Work request
Each entry should be duplicated exactly, with no line missing.

Data section
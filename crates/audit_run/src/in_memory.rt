//! A run over logs in memory, into a sink in memory.
ghost use Rattle.std.specs.Prelude.{◌≡◌, ◌≢◌, [], map};
ghost use Rattle.std.specs.String.{string_bytes};
ghost use Rattle.log_source.specs.MemorySinks.{failing_writes, sink_length, memory_sink_state, sink_room};
ghost use Rattle.command_run.specs.InMemory.{AnswersInRoom};
ghost use Rattle.audit_run.specs.Requests.{auditor_command_of};
ghost use Rattle.audit_run.specs.TopCall.{AuditorAnswers};
ghost use Rattle.log_verdict.specs.Steps.{reading};
ghost use Rattle.command_words.specs.Words.{request_of};

use super::program::Auditor;
use super::running::run;
use audit_report::statuses::Status;
use command_run::corollaries::{a_held_answer_with_room_is_written, a_quiet_shelf_is_read};
use log_source::memory_sink::MemorySink;
use log_source::quiet_shelf::QuietShelf;
use log_source::shelf::Shelf;
use std::alloc::Global;

/// Runs a command over two logs in memory, into a sink in memory: all that `run` says, and no
/// fault of the shelf.
///
/// `ReadFault` never comes. Where no write of the sink is to fail, the logs are no longer than a
/// log may be and the sink has room for the answer's text, its status is answered, with the text
/// written, or `Memory`.
pub fn run_in_memory(
    alloc: Global,
    words: &[String],
    shelf: &mut QuietShelf,
    out: &mut MemorySink,
) -> Status
    ensures run { let asked = request_of (map string_bytes words.now) in
        AuditorAnswers ⟦<QuietShelf as Shelf>⟧ asked shelf.old shelf.new
        (memory_sink_state out.old) (memory_sink_state out.new) result }
    ensures read { result ≢ Status.ReadFault }
    ensures answer { failing_writes out.old ≡ []
        → AnswersInRoom auditor_command_of (request_of (map string_bytes words.now))
        (reading ⟦<QuietShelf as Shelf>⟧ shelf.old shelf.new)
        (sink_length out.old) (sink_room out.old)
        (memory_sink_state out.old) (memory_sink_state out.new) result }
{
    // Laws that the answer rests on. They compute nothing.
    a_quiet_shelf_is_read::<Auditor>();
    a_held_answer_with_room_is_written::<Auditor>();
    run(alloc, words, shelf, out)
}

Task answer
filename crates/audit_run/src/in_memory.rt
//! A run over logs in memory, into a sink in memory.
ghost use Rattle.std.specs.Prelude.{◌≡◌, ◌≢◌, [], map};
ghost use Rattle.std.specs.String.{string_bytes};
ghost use Rattle.log_source.specs.MemorySinks.{failing_writes, sink_length, memory_sink_state, sink_room};
ghost use Rattle.command_run.specs.InMemory.{AnswersInRoom};
ghost use Rattle.audit_run.specs.Requests.{auditor_command_of};
ghost use Rattle.audit_run.specs.TopCall.{AuditorAnswers};
ghost use Rattle.log_verdict.specs.Steps.{reading};
ghost use Rattle.command_words.specs.Words.{request_of};

use super::program::Auditor;
use super::running::run;
use audit_report::statuses::Status;
use command_run::corollaries::{a_held_answer_with_room_is_written, a_quiet_shelf_is_read};
use log_source::memory_sink::MemorySink;
use log_source::quiet_shelf::QuietShelf;
use log_source::shelf::Shelf;
use std::alloc::Global;

/// Runs a command over two logs in memory, into a sink in memory: all that `run` says, and no
/// fault of the shelf.
///
/// `ReadFault` never comes. Where no write of the sink is to fail, the logs are no longer than a
/// log may be and the sink has room for the answer's text, its status is answered, with the text
/// written, or `Memory`.
pub fn run_in_memory(
    alloc: Global,
    words: &[String],
    shelf: &mut QuietShelf,
    out: &mut MemorySink,
) -> Status
    ensures run { let asked = request_of (map string_bytes words.now) in
        AuditorAnswers ⟦<QuietShelf as Shelf>⟧ asked shelf.old shelf.new
        (memory_sink_state out.old) (memory_sink_state out.new) result }
    ensures read { result ≢ Status.ReadFault }
    ensures answer { failing_writes out.old ≡ []
        → AnswersInRoom auditor_command_of (request_of (map string_bytes words.now))
        (reading ⟦<QuietShelf as Shelf>⟧ shelf.old shelf.new)
        (sink_length out.old) (sink_room out.old)
        (memory_sink_state out.old) (memory_sink_state out.new) result }
{
    // Laws that the answer rests on. They compute nothing.
    a_quiet_shelf_is_read::<Auditor>();
    a_held_answer_with_room_is_written::<Auditor>();
    run(alloc, words, shelf, out)
}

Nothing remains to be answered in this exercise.